Hypothesis: Our aim is to develop a novel percutaneous, pulsatile assist device that minimises system-specific disadvantages.
Methods: The PERKAT-LV (PERkutane KATheterpumptechnologie) device consists of a self-expanding nitinol pump chamber that is covered by foils. Those foils carry multiple outflow valves at the proximal part of the pump chamber. A flexible suction tube with a pigtail-shaped tip and inflow valves is attached to its distal part. The system is designed for 16 Fr percutaneous implantation via the femoral artery. Pulling back the sheath unfolds the nitinol chamber in the descending aorta while the flexible suction tube bypasses the aortic arch and ascending aorta with the pigtail tip in the left ventricle. A standard intra-aortic balloon pump (IABP) is placed into the pumping chamber and is connected to an external IABP console. Balloon deflation generates a blood flow from the left ventricle into PERKAT-LV. During balloon inflation, blood leaves the system through the outflow foil valves in the descending aorta.

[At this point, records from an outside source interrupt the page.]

// The records of a file, each by itself, as lines.
ghost use Rattle.std.specs.Prelude.{IfOk};
ghost use Rattle.file.specs.Single.{Listed};

use crate::lines::RowLine;
use file::read_one;
use manual::FileFault;
use record::{Class, Edition, core_row};
use std::alloc::{AllocError, Global};

#[derive(Drop)]
pub struct Listing {
    // a line for each record that was read
    pub lines: String,
    pub records: usize,
    // what ended the reading before the file's end
    pub fault: Option<FileFault>,
}

// The line of a record with this number; `a` and `b` are the digits of its code.
fn line(heap: Global, number: usize, class: Class, a: u8, b: u8) -> Result<String, AllocError> {
    let a = a as char;
    let b = b as char;
    match class {
        Class::Core(_, Ok(core)) => {
            let row = RowLine(core_row(number, core));
            format!(in heap; "{row}")
        }
        Class::Rider(_) => format!(in heap; "  {number} {a}{b} rider\n"),
        _ => format!(in heap; "  {number} {a}{b} unknown\n"),
    }
}

// Reads to the end of the bytes, or to the first record that cannot be read by itself.
pub fn list<E: Edition>(heap: Global, bytes: &[u8], edition: &E) -> Result<Listing, AllocError>
    ensures { IfOk result (λ l. Listed (E.meaning edition.now) 0 bytes.now l.records l.fault) }
{
    let mut lines = String::new(heap);
    let mut records: usize = 0;
    let mut rest = bytes;
    // no `for`: what a record took is what `read_one` says of it, and how many were read is answered
    while !rest.is_empty() {
        match read_one(rest, records + 1, edition) {
            Ok(one) => {
                records += 1;
                let text = line(heap, records, one.class, rest[0], rest[1])?;
                lines.push_str(text.as_str())?;
                let (_, after) = rest.split_at(one.width);
                rest = after;
            }
            Err(fault) => {
                return Ok(Listing {
                    lines,
                    records,
                    fault: Some(fault),
                });
            }
        }
    }
    Ok(Listing {
        lines,
        records,
        fault: None,
    })
}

Results: Preliminary in vitro studies have demonstrated the feasibility of PERKAT-LV. Depending on the size of the ballon in the IABP, flow rates of more than 2.5 l/min are possible.
Conclusion: The novel percutaneously implantable and pulsatile working PERKAT-LV device offers a circulatory support of more than 2.5 l/min in a first feasibility study. At the moment, the system is being studied in an in vitro series. After this, a first in vivo evaluation will follow. Based on the current results, we believe that the system is a promising new approach and could be used in clinical settings for patients in need of temporary left ventricular mechanical support.